The Source of Heat: Unpacking Power Loss in SSRs
Heat in an SSR is a direct byproduct of power loss within the switching semiconductor. This loss can be broken down into two main categories: conduction loss and switching loss. For most SSR applications, which involve switching a load on or off and holding that state, one type of loss is far more significant than the other.
Conduction Loss: The Primary Culprit
Conduction loss is the heat generated while the SSR is in the “on” state and current is flowing through it. This accounts for the vast majority of heat in typical SSR applications. The calculation for this loss differs slightly between MOSFETs and IGBTs.
- For MOSFET-based SSRs: The power loss is determined by the device’s on-state resistance, or RDS(on). The formula is straightforward: Pcond = Iload² × RDS(on). It’s critical to understand that RDS(on) is not a fixed value; it has a positive temperature coefficient, meaning its resistance increases as the device gets hotter. This can create a feedback loop if not properly managed—more heat leads to higher resistance, which in turn generates even more heat. Always consult the datasheet graphs to find the RDS(on) at your anticipated operating temperature.
- For IGBT-based SSRs: The power loss is determined by the collector-emitter saturation voltage, VCE(sat). The formula is: Pcond = Iload × VCE(sat). Similar to RDS(on), VCE(sat) is dependent on both current and temperature, and it’s essential to use the datasheet values that correspond to your specific operating conditions for an accurate calculation.

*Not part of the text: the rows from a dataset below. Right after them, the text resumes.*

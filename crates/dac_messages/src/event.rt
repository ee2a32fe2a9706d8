//! Events of a node.

ghost use Rattle.std.specs.Prelude.{◌≡◌, ◌↔◌, IfOk, IsTrue};

use crate::message::Message;
use dac_base::{NoMemory, NodeId};
use dac_events::Command;
use dac_state::Op;

/// An event of a node.
#[derive(Drop)]
pub enum Event {
    /// The node comes up, under the next incarnation number.
    Boot {
        /// The present moment, in milliseconds.
        now: u64,
    },
    /// The node goes down and loses everything but its incarnation number.
    Crash,
    /// The node receives an operator's command.
    Command(Command),
    /// The node re-evaluates placement and claims the applications that it should run.
    Tick {
        /// The present moment, in milliseconds.
        now: u64,
    },
    /// The node sends another node the deltas which that one hasn't acknowledged, or the whole state.
    Ship {
        /// The receiver.
        to: NodeId,
    },
    /// The node receives this message.
    Hear(Message),
    /// The node receives this single operation, even if those that its issuer had heard are missing.
    HearOp(Op),
}

impl Event {
    /// Whether both are the same event.
    pub fn equal(&self, other: &Self) -> bool
        ensures { IsTrue result ↔ (self.now ≡ other.now) }
    {
        match (self, other) {
            (Event::Boot { now }, Event::Boot { now: other_now }) => now == other_now,
            (Event::Crash, Event::Crash) => true,
            (Event::Command(command), Event::Command(other_command)) => command == other_command,
            (Event::Tick { now }, Event::Tick { now: other_now }) => now == other_now,
            (Event::Ship { to }, Event::Ship { to: other_to }) => to == other_to,
            (Event::Hear(message), Event::Hear(other_message)) => message.equal(other_message),
            (Event::HearOp(operation), Event::HearOp(other_operation)) => {
                operation.equal(other_operation)
            }
            _ => false,
        }
    }

    /// An equal event.
    pub fn copy(&self) -> Result<Self, NoMemory>
        ensures { IfOk result (λ event. event ≡ self.now) }
    {
        match self {
            Event::Boot { now } => Ok(Event::Boot { now: *now }),
            Event::Crash => Ok(Event::Crash),
            Event::Command(command) => Ok(Event::Command(*command)),
            Event::Tick { now } => Ok(Event::Tick { now: *now }),
            Event::Ship { to } => Ok(Event::Ship { to: *to }),
            Event::Hear(message) => {
                let message = message.copy()?;
                Ok(Event::Hear(message))
            }
            Event::HearOp(operation) => {
                let operation = operation.copy()?;
                Ok(Event::HearOp(operation))
            }
        }
    }
}
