//! Replies of a node.

ghost use Rattle.std.specs.Prelude.{◌≡◌, ◌↔◌, IfOk, IsTrue};

use crate::lists::{AppList, OpList};
use crate::message::Message;
use dac_base::NoMemory;
use dac_state::Op;

/// The result of an event that a node accepts.
#[derive(Drop)]
pub enum Reply {
    /// The node came up and issued this operation, its boot.
    Booted(Op),
    /// The node went down.
    Crashed,
    /// The node issued this operation for the command.
    Issued(Op),
    /// The node made a pass over its applications.
    Ticked {
        /// The claims that it issued, in the order of the applications' numbers.
        ops: OpList,
        /// The applications that it should have claimed, but whose terms are used up.
        passed: AppList,
    },
    /// The node still waits at its start gate, so that its tick claims nothing.
    Held,
    /// A mandatory node wasn't up in time, so the node went down.
    GaveUp,
    /// The node sends this message.
    Shipped(Message),
    /// The node merged the message or the operation; true if it contained anything new.
    Heard(bool),
}

impl Reply {
    /// Whether both are the same reply.
    pub fn equal(&self, other: &Self) -> bool
        ensures { IsTrue result ↔ (self.now ≡ other.now) }
    {
        match (self, other) {
            (Reply::Booted(operation), Reply::Booted(other_operation))
            | (Reply::Issued(operation), Reply::Issued(other_operation)) => {
                operation.equal(other_operation)
            }
            (Reply::Crashed, Reply::Crashed)
            | (Reply::Held, Reply::Held)
            | (Reply::GaveUp, Reply::GaveUp) => true,
            (
                Reply::Ticked { ops, passed },
                Reply::Ticked {
                    ops: other_ops,
                    passed: other_passed,
                },
            ) => ops.equal(other_ops) && passed.equal(other_passed),
            (Reply::Shipped(message), Reply::Shipped(other_message)) => {
                message.equal(other_message)
            }
            (Reply::Heard(fresh), Reply::Heard(other_fresh)) => fresh == other_fresh,
            _ => false,
        }
    }

    /// An equal reply.
    pub fn copy(&self) -> Result<Self, NoMemory>
        ensures { IfOk result (λ reply. reply ≡ self.now) }
    {
        match self {
            Reply::Booted(operation) => {
                let operation = operation.copy()?;
                Ok(Reply::Booted(operation))
            }
            Reply::Crashed => Ok(Reply::Crashed),
            Reply::Issued(operation) => {
                let operation = operation.copy()?;
                Ok(Reply::Issued(operation))
            }
            Reply::Ticked { ops, passed } => {
                let ops = ops.copy()?;
                let passed = passed.copy()?;
                Ok(Reply::Ticked { ops, passed })
            }
            Reply::Held => Ok(Reply::Held),
            Reply::GaveUp => Ok(Reply::GaveUp),
            Reply::Shipped(message) => {
                let message = message.copy()?;
                Ok(Reply::Shipped(message))
            }
            Reply::Heard(fresh) => Ok(Reply::Heard(*fresh)),
        }
    }
}
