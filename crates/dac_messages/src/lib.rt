//! Messages between controllers, and a controller's events and replies, as values.
//!
//! A [`Message`] carries the sender's whole state, a delta interval since an acknowledgement, or nothing, and
//! acknowledges the receiver's deltas. An [`Event`] is anything that happens at a node: a boot, a crash, a command, a
//! tick, a ship, or an incoming message or single operation. A [`Reply`] is the result of an accepted event.
//!
//! Each type has `equal`, which returns true exactly when both values are equal, and `copy`, which returns an equal
//! value. Only `copy` allocates. Its only error is `NoMemory`, and its argument stays as it is.
#![tactic(auto)]

pub use dac_state::State;
pub use event::Event;
pub use lists::{AppList, OpList};
pub use message::{Body, Message};
pub use reply::Reply;

mod event;
mod lists;
mod message;
mod reply;
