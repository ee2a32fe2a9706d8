//! Messages between controllers.

ghost use Rattle.std.specs.Prelude.{◌≡◌, ◌↔◌, IfOk, IsTrue};

use dac_base::{NoMemory, NodeId};
use dac_lattice::Lattice;
use dac_origins::Origin;
use dac_state::State;

/// The content of a message.
#[derive(Drop)]
pub enum Body {
    /// The sender's whole state.
    Whole(State),
    /// A delta interval: the join of the sender's deltas after those that the receiver acknowledged.
    Interval(State),
    /// Nothing, because the receiver acknowledged all deltas of the sender. The message is sent for its
    /// acknowledgement.
    Nothing,
}

impl Body {
    ghost use Rattle.std.specs.Option.{option_copied};
    ghost use Rattle.dac_messages.specs.Bodies.{state_in};

    /// The state that the body carries, if any.
    pub fn state(&self) -> Option<&State>
        ensures { option_copied result ≡ state_in self.now }
    {
        match self {
            Body::Whole(state) | Body::Interval(state) => Some(state),
            Body::Nothing => None,
        }
    }

    /// Whether both are the same body.
    pub fn equal(&self, other: &Self) -> bool
        ensures { IsTrue result ↔ (self.now ≡ other.now) }
    {
        match (self, other) {
            (Body::Whole(state), Body::Whole(other_state))
            | (Body::Interval(state), Body::Interval(other_state)) => state.equal(other_state),
            (Body::Nothing, Body::Nothing) => true,
            _ => false,
        }
    }

    /// An equal body.
    pub fn copy(&self) -> Result<Self, NoMemory>
        ensures { IfOk result (λ body. body ≡ self.now) }
    {
        match self {
            Body::Whole(state) => {
                let state = state.copy()?;
                Ok(Body::Whole(state))
            }
            Body::Interval(state) => {
                let state = state.copy()?;
                Ok(Body::Interval(state))
            }
            Body::Nothing => Ok(Body::Nothing),
        }
    }
}

/// A message from one controller to another. (After the anti-entropy algorithm of Almeida, Shoker and Baquero: a delta
/// interval or the whole state, with an acknowledgement.)
#[derive(Drop)]
pub struct Message {
    /// The sender, an incarnation of a node.
    pub from: Origin,
    /// The receiving node.
    pub to: NodeId,
    /// The receiver's incarnation, if only that one can use the message. A whole state is for any incarnation.
    pub only: Option<u64>,
    /// How many deltas the sender had when it sent the message.
    pub up_to: u64,
    /// The content.
    pub body: Body,
    /// The sender's cumulative acknowledgement: the receiver's latest incarnation from which it received a state, with
    /// the greatest delta count of those messages.
    pub ack: Option<(Origin, u64)>,
}

impl Message {
    /// Whether both are the same message.
    pub fn equal(&self, other: &Self) -> bool
        ensures { IsTrue result ↔ (self.now ≡ other.now) }
    {
        self.from == other.from
            && self.to == other.to
            && self.only == other.only
            && self.up_to == other.up_to
            && self.ack == other.ack
            && self.body.equal(&other.body)
    }

    /// An equal message.
    pub fn copy(&self) -> Result<Self, NoMemory>
        ensures { IfOk result (λ message. message ≡ self.now) }
    {
        let body = self.body.copy()?;
        Ok(Message {
            from: self.from,
            to: self.to,
            only: self.only,
            up_to: self.up_to,
            body,
            ack: self.ack,
        })
    }
}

Switching Loss: A Factor in High-Frequency Applications
Switching loss occurs during the brief transitions between the “on” and “off” states. Energy is lost during both turn-on (Eon) and turn-off (Eoff) events. The total switching power loss is calculated as: Psw = (Eon + Eoff) × fsw, where fsw is the switching frequency. For standard SSRs that switch infrequently (e.g., controlling a heater or a lamp), switching losses are negligible compared to conduction losses. However, for applications involving Pulse-Width Modulation (PWM) for motor or heater control, where switching occurs thousands of times per second, these losses become significant and must be included in the total power dissipation calculation (Ptotal = Pcond + Psw). For further reading on this topic, consult resources like this guide on MOSFET switching losses.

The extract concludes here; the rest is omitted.